The proliferation of SC induced by mSC was effectively suppressed by JNK inhibitor but not by p38 or ERK inhibitor
The capability of mSC to activate a specific MAPK signaling pathway was further confirmed by experiments using inhibitors of JNK, p38, and ERK. The effective blockage of the enhanced SC proliferation under the effect of 200 µg/mL mSC was observed with JNK inhibitor (SP600125) only and not with p38 inhibitor (SB203580) nor ERK inhibitor (U0126) (mSC + IH relative to IH, Fig. 3A, JNK inhibitor, 0.330 ± 0.057 and 0.463 ± 0.054, p = 0.0570; Fig. 3B, p38 inhibitor, 1.131 ± 0.051 and 1.131 ± 0.051 and 0.389 ± 0.046, p < 0.0001; Fig. 3C, ERK inhibitor, 0.994 ± 0.044 and 0.500 ± 0.068, p < 0.0001, respectively; n = 3).
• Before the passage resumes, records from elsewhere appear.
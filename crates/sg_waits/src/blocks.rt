//! Which blocks of 256 units may have one that runs, so that the least is found without a look at each unit.

ghost use Rattle.std.specs.Prelude.{◌≡◌, ℕ, ◌+◌, ◌*◌, ◌/◌, ◌<◌, ◌≤◌, ◌^◌, true, length, replicate, slice_set, IfOk, IfSome, IfNone};
ghost use Rattle.sg_waits.specs.declared.status.Status.TheVariants.{Runs};
ghost use Rattle.sg_waits.specs.Block.{IsFirst, IsFirstOf, IsFlagged};
ghost use Rattle.sg_waits.specs.Waits.{IsLeastRunning, status_at};

use crate::status::Status;
use crate::units;
use std::alloc::{AllocError, Global};

const BLOCK: usize = 256;

/// The flags of so many units, all of them set.
pub fn all(alloc: Global, units: u32) -> Result<Vec<bool>, AllocError>
    ensures { IfOk result (λ v. v.items ≡ replicate (units / 256 + 1) true) }
{
    let flags = vec![in alloc; true; units as usize / BLOCK + 1]?;
    Ok(flags)
}

/// The first unit that runs, from a number on and below another.
fn first_in(units: &[Status], from: usize, to: usize) -> Option<u32>
    requires few { length units.now < 2 ^ 32 }
    requires within { to ≤ length units.now }
    ensures some { IfSome result (IsFirst units.now from to) }
    ensures none { IfNone result ((v : ℕ) → from ≤ v → v < to → status_at units.now v ≡ Runs → ⊥) }
{
    for unit in from..to {
        if units::runs(units, unit as u32) {
            return Some(unit as u32);
        }
    }
    None
}

/// The first unit of a block that runs. Looks at 256 units.
pub fn first_of(units: &[Status], block: usize) -> Option<u32>
    requires few { length units.now < 2 ^ 32 }
    requires block { block < 2 ^ 32 }
    ensures some { IfSome result (IsFirstOf units.now block) }
    ensures none { IfNone result ((v : ℕ) → 256 * block ≤ v → v < 256 * block + 256 → status_at units.now v ≡ Runs → ⊥) }
{
    let from = BLOCK * block;
    let to = units.len().min(from + BLOCK);
    first_in(units, from, to)
}

/// Sets the flag of a unit's block.
pub fn mark(flags: &mut Vec<bool>, unit: u32)
    requires { unit / 256 < length flags.old.items }
    ensures { flags.new.items ≡ slice_set flags.old.items (unit / 256) true }
{
    flags[unit as usize / BLOCK] = true;
}

/// Clears the flag of a unit's block, if none of the block runs.
pub fn refresh(units: &[Status], flags: &mut Vec<bool>, unit: u32)
    requires few { length units.now < 2 ^ 32 }
    requires flagged { IsFlagged units.now flags.old.items }
    requires unit { unit < length units.now }
    ensures { IsFlagged units.now flags.new.items }
{
    let block = unit as usize / BLOCK;
    match first_of(units, block) {
        Some(_) => {}
        None => flags[block] = false,
    }
}

/// The least unit that runs, if one does. Looks at a flag for each block of 256 units, and at the units of one block.
pub fn least(units: &[Status], flags: &[bool]) -> Option<u32>
    requires few { length units.now < 2 ^ 32 }
    requires flagged { IsFlagged units.now flags.now }
    ensures some { IfSome result (IsLeastRunning units.now) }
    ensures none { IfNone result ((u : ℕ) → status_at units.now u ≡ Runs → ⊥) }
{
    for block in 0..flags.len() {
        if flags[block] {
            match first_of(units, block) {
                Some(unit) => return Some(unit),
                None => {}
            }
        }
    }
    None
}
These results were compatible to the previous results of the phosphorylation status of MAPK signaling pathway molecules, which were induced by mSC. Both results indicated that the JNK/MAPK signaling pathway was the sole pathway to be activated by mSC.
mSC-induced JNK phosphorylation was predominantly initiated by the activation of TLR2 and mediated by TAK1
Immunostaining of TLR2 and TLR4 with Pax7 antibody revealed that the TLR2 and/or TLR4 were expressed on SC. Therefore, it was rational to hypothesize that this mSC-induced enhanced SC proliferation was through the activation of TLR2 and/or TLR4. To confirm this hypothesis, the protein levels of p-TAK1 and p-JNK, which were known to be located downstream of TLR2/4, were evaluated under the conditions of mSC-containing medium added with either TLR2/4 inhibitor (TLR2/4 IH) or TLR4 inhibitor (TLR4 IH). The protein levels of p-TAK1 and p-JNK were significantly suppressed by TLR2/4-inhibitor (1.10 ± 0.05, p = 0.07 and 0.55 ± 0.06, p = 0.13, respectively, n = 3, Fig. 4) and not by TLR4-inhibitior (1.903 ± 0.016 and 1.106 ± 0.052, respectively, p < 0.05; n = 3; Fig. 4), although TLR4-inhibitor also exhibited a trend of SC proliferation suppression. These results suggested that the signal transduction induced by mSC was predominantly through the activation of TLR2.
AP-1 transcriptional activity was significantly enhanced by mSC
Lastly, the changes in AP-1 transcriptional activity of the myogenic cells isolated from TA muscle, included Pax7+ population which were cultivated with mSC (200 µg/mL) contained medium was evaluated. The AP-1 transcriptional activity of the myogenic cells in mSC-containing medium was significantly enhanced in relation to that of the control (1.713 ± 0.095, p < 0.05, n = 3, Fig. 5A). On the other hand, there was no remarkable increase in phosphorylation of NF-κB (p-NF-kB, 0.786 ± 0.045, p = 0.481, n = 3, Fig. 5B).